Title: Between Stability and Disturbance: A Subtle Balance in Dreams
Introduction: The Space Between Calm and Change
This artwork started from a quiet wish — to build something stable and beautiful.
I wanted the colors to breathe softly and the shapes to stay in a gentle balance.
In the first hour, I tried to create this sense of peace, like building order inside a sacred space.
Then, in the next hour, I began to disturb it.
I made small cracks, twists, and ripples in the image, like waves spreading after a stone drops into still water.
But that calm never really disappeared.

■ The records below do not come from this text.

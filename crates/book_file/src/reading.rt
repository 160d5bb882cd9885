//! Reads and audits a database.
ghost use Rattle.std.specs.Prelude.{◌≡◌, false, IfErr, IfOk};
ghost use Rattle.sqlite.specs.Held.{state};
ghost use Rattle.sqlite.specs.State.{HasCleanDisk};
ghost use Rattle.sql_base.specs.Unchanged.{Looks};
ghost use Rattle.over_tables.specs.Refusals.{Explains, ReportsStorage};
ghost use Rattle.book_file.specs.Found.{HasVerdict, IsFound, answer_of};

use crate::book::Book;
use adoption::fault_of;
use examination::{Damage, Finding, examine};
use over_tables::{Cause, FileFault};
use sqlite::{Alter, Connection, Error};
use std::alloc::Global;

// Returns the book, or the fault that states why the database can't be read. Rows that break an
// audit rule aren't a fault.
fn answer_of(found: Result<Finding, Error>) -> Result<Book, FileFault>
    ensures { result ≡ answer_of found }
{
    match found {
        Ok(Finding::Read { rows, failing }) => Ok(Book {
            version: rows.version,
            failing,
            tables: rows.tables,
            size: None,
        }),
        Ok(Finding::NotOurs { difference }) => {
            let cause = Cause::Tables { difference };
            Err(FileFault::NotOurs { cause })
        }
        Ok(Finding::Unreadable) => {
            let cause = Damage::UnreadableRow;
            Err(FileFault::Damaged { cause })
        }
        Err(error) => Err(FileFault::from(fault_of(error))),
    }
}

/// Returns the rows of a database, sorted, with its schema version and the first audit rule that
/// they break. All tables are read into memory, without the request bytes and bodies of replies,
/// which no subcommand of `shopbook` prints. Nothing is written, and a crash leaves what it could
/// leave before.
///
/// # Errors
///
/// - `NotOurs`: the tables don't have the form of any schema version.
/// - `Damaged`: a row has a value that no row of its table can have.
/// - `Storage`: the device failed.
/// - `Memory`: an allocation fails.
pub fn read_book<S: Alter>(alloc: Global, conn: &mut Connection<S>) -> Result<Book, FileFault>
    requires { conn.old.in_transaction ≡ false }
    ensures value { HasCleanDisk (state S.Store conn.new)
        → IfOk result (IsFound (state S.Store conn.old).now) }
    ensures verdict { IfOk result (λ book. HasVerdict book.tables book.failing) }
    ensures why { HasCleanDisk (state S.Store conn.new)
        → IfErr result (Explains (state S.Store conn.old).now) }
    ensures storage { HasCleanDisk (state S.Store conn.new) → IfErr result
        (λ fault. fault ≡ FileFault.Storage
        → ReportsStorage S.Store (state S.Store conn.old) (state S.Store conn.new)) }
    ensures looks { Looks (state S.Store conn.old) (state S.Store conn.new) }
{
    audit_laws::sound_rows_are_audited();
    answer_of(examine(alloc, conn))
}
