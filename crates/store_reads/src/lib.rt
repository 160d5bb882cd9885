//! Reads a store's contents from its database.
//!
//! # Errors
//!
//! Every function that reads returns the error of SQLite if a query fails. It returns
//! `Error::InvalidQuery` if the rows can't represent sound contents, or if a number is too large
//! for SQLite.
#![tactic(auto)]

mod batches;
mod changes;
mod counts;
mod known;
mod lines;
mod lots;
mod names;
mod numbers;
mod plans;
mod records;
mod replies;
mod reports;
mod segments;
mod sessions;
mod sums;

pub use batches::{batch, batch_has, batch_size, batch_totals, is_finished};
pub use changes::writing_of;
pub use counts::{batch_count, lot_count, product_count, session_count};
pub use known::Known;
pub use lots::{is_charged, lot, lot_of, overlaps};
pub use names::product;
pub use records::{first_waiting, record_state};
pub use replies::{kept, mark, reply_count};
pub use reports::{blank_totals, record_lines};
pub use segments::segment;
pub use sessions::{running_session, session};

The beauty and sense of enjoyment were still there only now something inside began to tremble.
In the end, I wanted the work to show a quiet sadness, but without giving any clear reason.
It feels like a dream too beautiful, full of peace and Zen, but also too complete to really understand.
A dream that comforts you, but also hides from being fully seen.
Visual and Conceptual Structure
In the center of the painting, a baby deer floats between birth and death, surrounded by burning fire.
Below it, organs, flowers, and bones twist together they look like both the inside of a body and the endless space of the universe.
Repeated patterns move through the whole painting.
Each line and symbol follows the rhythm of daily life small, simple actions that gain meaning when they happen again and again.
I am interested in this quiet contradiction: the calm that hides in the narrow, repeating parts of life.
After finishing the painting, it made me think of “Paris, Texas” a film full of opposites, both peaceful and strange, both daily and dreamlike.
In this tension, I try to find balance between control and freedom, stillness and change, dream and decay.
Methodology: Materials, Process, and Interference
This painting is made with acrylic on canvas.
At first, I painted carefully and slowly. Then I began to interfere I covered, repainted, and scratched the parts that looked too perfect.
Each act of breaking became another act of creating.
This process feels a bit like rock climbing.
When you climb, it’s not only about pulling hard it’s also about feeling the small movements, the balance, the tiny changes in the body and mind.
In painting, I try to turn that same rhythm into a visual language a fragile but steady pulse of life.
Emotional and Philosophical Echo
I don’t want this work to be trapped by one single meaning.
I want it to exist as a system of feelings gentle, anxious, beautiful, and a little rotten at the same time.
It shows a kind of tired beauty, a mourning for something that has no name.
But I don’t want this sadness to be too clear, because I believe the things we cannot explain are often the most real.
To refuse a clear meaning is also a kind of honesty.
It accepts the dark parts of life and the uncertain nature of dreams.
To live inside a dream doesn’t mean to fully understand it only to feel it.